La solution alternative portée par la CCI de Bayonne n’a aucun effet durable sur l’environnement côtier de la commune d’Anglet à laquelle ce sable appartient. En revanche, proposer une alternative de ré-engraissement des plages qui passe par la terre serait une très belle initiative! Le grenelle de la mer (Groupe N° 11 du Grenelle de l’Environnement, page 7 paragraphe 4) spécifie que les sables dragués peuvent être réutilisés à terre dans le rechargement des plages en matière de lutte contre l’érosion du trait de côte. Pourquoi la CCI BPB a t’elle construit son projet seulement dans l’esprit de la 1ère option sachant qu’elle a signé une convention tri partite avec la ville d’Anglet pour ramener un maximun de sable? Cette idée est en totale opposition!

 

« -Le souhait de la CCI BPB est de proposer ce sable à la collectivité, à prix coûtant. A ce titre, le Centre Européen de Frêt de Mouguerre (émanation de collectivités territoriales) qui a des besoins en matériaux de remblai, est actuellement intéressé.

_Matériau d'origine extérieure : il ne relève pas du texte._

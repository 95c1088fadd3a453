//! A session over a transport that another thread fills: what a call costs, and what waiting costs. README.md says what
//! each run does.

use crossbeam_channel::{Receiver, Sender, unbounded};
use sshc_client::{Config, Error};
use sshc_handle::{Handle, HandleCalls, Runner, Waker, at_once, connect_stream};
use sshc_sample_fakes::{FarServer, FarTransport, Host, Keeper, StillClock, across_threads};
use sshc_toy::{RefusingVerifier, ToySigner};
use sshc_wire::{ChannelId, Disconnect};
use std::alloc::Global;
use std::sync::Wait;
use std::thread;
use std::thread::Threads;
use std::time::{Clock, Duration};

/// A runner over a server in another thread.
type FarRunner = Runner<Keeper, FarTransport, ToySigner, RefusingVerifier, StillClock>;

/// The server of such a runner.
type Server = FarServer<Host>;

/// A session that its first exchange opens, and its server.
fn session(alloc: Global) -> Result<(Handle<Keeper>, FarRunner, Server), Error> {
    let host = Host::granting(alloc, 1);
    let coming = host.greeting()?;
    let (transport, server) = across_threads(alloc, host, coming)?;
    let mut config = Config::default_in(alloc)?;
    config.anonymous = true;
    let (handle, runner) = connect_stream(
        alloc,
        config,
        transport,
        Keeper,
        ToySigner::new(alloc),
        RefusingVerifier,
        StillClock(0),
    )?;
    Ok((handle, runner, server))
}

/// Sends so many pings, one after the other, and returns how many were answered.
fn ping<R: Wait>(rt: &R, handle: &Handle<Keeper>, times: u64) -> u64 {
    let mut answered = 0u64;
    for _ in 0..times {
        if handle.send_ping(rt).is_ok() {
            answered = answered.saturating_add(1);
        }
    }
    answered
}

/// What the user of a session does, before it leaves.
#[derive(Clone, Copy)]
enum Use {
    Ping(u64),
    /// So many pings while so many threads wait for a channel each.
    Beside(u64, u64),
    /// Nothing for so many milliseconds.
    Idle(u64),
}

/// Waits for what happens on the channel of this number; nothing does before the end.
fn await_end<R: Wait>(rt: &R, handle: &Handle<Keeper>, number: u64) -> u64 {
    match handle.channel(ChannelId((number % 0x1_0000_0000) as u32)) {
        Ok(channel) => {
            let mut channel = channel;
            match channel.wait(rt) {
                Some(_) => 1,
                None => 0,
            }
        }
        Err(_) => 0,
    }
}

fn leave<R: Wait>(rt: &R, handle: &Handle<Keeper>) {
    let _ = handle.disconnect(rt, Disconnect::ByApplication, "", "");
}

/// What the first of many threads does, and the others.
fn do_one<R: Wait>(rt: &R, handle: &Handle<Keeper>, at: usize, times: u64) -> u64 {
    if at == 0 {
        let answered = ping(rt, handle, times);
        leave(rt, handle);
        answered
    } else {
        await_end(rt, handle, at as u64)
    }
}

fn use_and_leave<R: Threads + Wait + Sync + Clock>(
    rt: &R,
    alloc: Global,
    handle: &Handle<Keeper>,
    used: Use,
) -> u64 {
    match used {
        Use::Ping(times) => do_one(rt, handle, 0, times),
        Use::Beside(threads, times) => {
            let all = thread::map_indices(
                rt,
                alloc,
                (threads.min(4096) + 1) as usize,
                &|at| do_one(rt, handle, at, times),
            );
            match all {
                Ok(counts) => counts
                    .iter()
                    .fold(0u64, |sum, one| sum.saturating_add(*one)),
                Err(_) => 0,
            }
        }
        Use::Idle(ms) => {
            thread::sleep(rt, Duration::from_millis(ms));
            do_one(rt, handle, 0, 0)
        }
    }
}

/// Runs a session with such a use, and its server and its runner in threads of their own.
fn run<R: Threads + Wait + Sync + Clock>(
    rt: &R,
    alloc: Global,
    is_woken: bool,
    used: Use,
) -> Result<u64, Error> {
    let (handle, runner, server) = session(alloc)?;
    let mut runner = runner;
    let waker = if is_woken {
        Some(runner.waker()?)
    } else {
        None
    };
    let (answered, _served) = at_once(
        rt,
        &handle,
        |handle| use_and_leave(rt, alloc, handle, used),
        |_handle| thread::join(rt, || server.serve(rt, waker.as_ref()), || runner.run(rt)),
    );
    Ok(answered)
}

/// Sends back each number that comes, until the channel is closed.
fn echo<R: Wait>(rt: &R, from: Receiver<u64>, to: Sender<u64>) {
    for number in from.iter(rt) {
        if to.send(rt, number).is_err() {
            break;
        }
    }
}

/// Passes so many numbers to the other thread and back, one after the other.
fn pass<R: Wait>(rt: &R, to: Sender<u64>, from: Receiver<u64>, times: u64) -> u64 {
    let mut passed = 0u64;
    for number in 0..times {
        if to.send(rt, number).is_err() {
            break;
        }
        if from.recv(rt) == Ok(number) {
            passed = passed.saturating_add(1);
        }
    }
    passed
}

fn by_channel<R: Threads + Wait + Sync>(
    rt: &R,
    alloc: Global,
    times: u64,
) -> Result<u64, std::alloc::AllocError> {
    let (to, heard) = unbounded(alloc)?;
    let (output, from) = unbounded(alloc)?;
    let (passed, _echoed) = thread::join(
        rt,
        || pass(rt, to, from, times),
        || echo(rt, heard, output),
    );
    Ok(passed)
}

/// Makes a run of this name, and returns how many pings or numbers came back. An unknown name makes no run.
pub fn answered<R: Threads + Wait + Sync + AllocGlobal + Clock>(
    rt: &R,
    name: &str,
    first: u64,
    second: u64,
) -> anyhow::Result<u64> {
    let alloc = rt.alloc();
    match name {
        "woken" => Ok(run(rt, alloc, true, Use::Ping(first))?),
        "polled" => Ok(run(rt, alloc, false, Use::Ping(first))?),
        "beside" => Ok(run(rt, alloc, true, Use::Beside(first, second))?),
        "idle" => Ok(run(rt, alloc, true, Use::Idle(first))?),
        "idle-polled" => Ok(run(rt, alloc, false, Use::Idle(first))?),
        "channel" => Ok(by_channel(rt, alloc, first)?),
        _ => Ok(0),
    }
}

Vendre le sable à prix coûtant reste quand même une opération de vente! Pourquoi ne pas donner au Centre Européen de Frêt les vases qui sont draguées à l’intérieur de l’Adour? C’est exactement ce qui avait été réalisé dans les années 1980 afin de combler la zone marécageuse des Pontôts et donner naissance à la zone commerciale BAB2. Ces vases, qui sont draguées dans le fleuve, ne pourraient elles pas avoir une valorisation en matériau de remblai, car après tout, c’est de la terre et du sable?

 

-La préservation de l’environnement est une démarche que nous avons intégrée dans notre fonctionnement depuis de nombreuses années.

Depuis que la CCI de Bayonne a instauré le dragage en 1896, les plages d’Anglet n’ont jamais cessé de reculer anormalement. Elle ont perdu avec ces activités 43 millions de m3 de sable. Peut-on appeler cela de la préservation de l’environnement?

 

Diagramme de 120 ans

 

« -Concernant les dragages, nous travaillons en collaboration étroite avec les institutions locales comme la ville d’Anglet, l’Agglomération Côte Basque Adour et le Conseil Régional d’Aquitaine. »

La ville d’Anglet a fait savoir lors de l’inauguration de l’exposition « Agir contre l’érosion » en Avril 2012 qu‘elle était contre ce projet d’utilisation des sables à des fins non littorales. La CCI BPB était présente, elle le fait d’ailleurs savoir un peu plus haut dans le texte. Alors, ils ont fait ça en douce?

 

« En 2012, la CCI BPB a participé à une exposition et à des conférences organisées par la Ville d’Anglet sur le thème de l’évolution des plages d’Anglet et les dragages. »

Pourtant,le projet a été validé fin Juin 2012 et la ville d’Anglet demande toujours que cet arrêté soit retiré. Peut-on caractériser ces faits comme une « collaboration étroite »?

 

Conclusion:

Le dragage n’est pas un moyen de lutte contre l’érosion du littoral. Il est un outil qui sert les activités portuaires et qui, mal utilisé, déstabilise l’équilibre écologique des plages à proximité et crée par la même occasion l’érosion artificielle de la côte.

L’équipe SosLa

 

 

*clapage côtier= largage du sable sur la côte.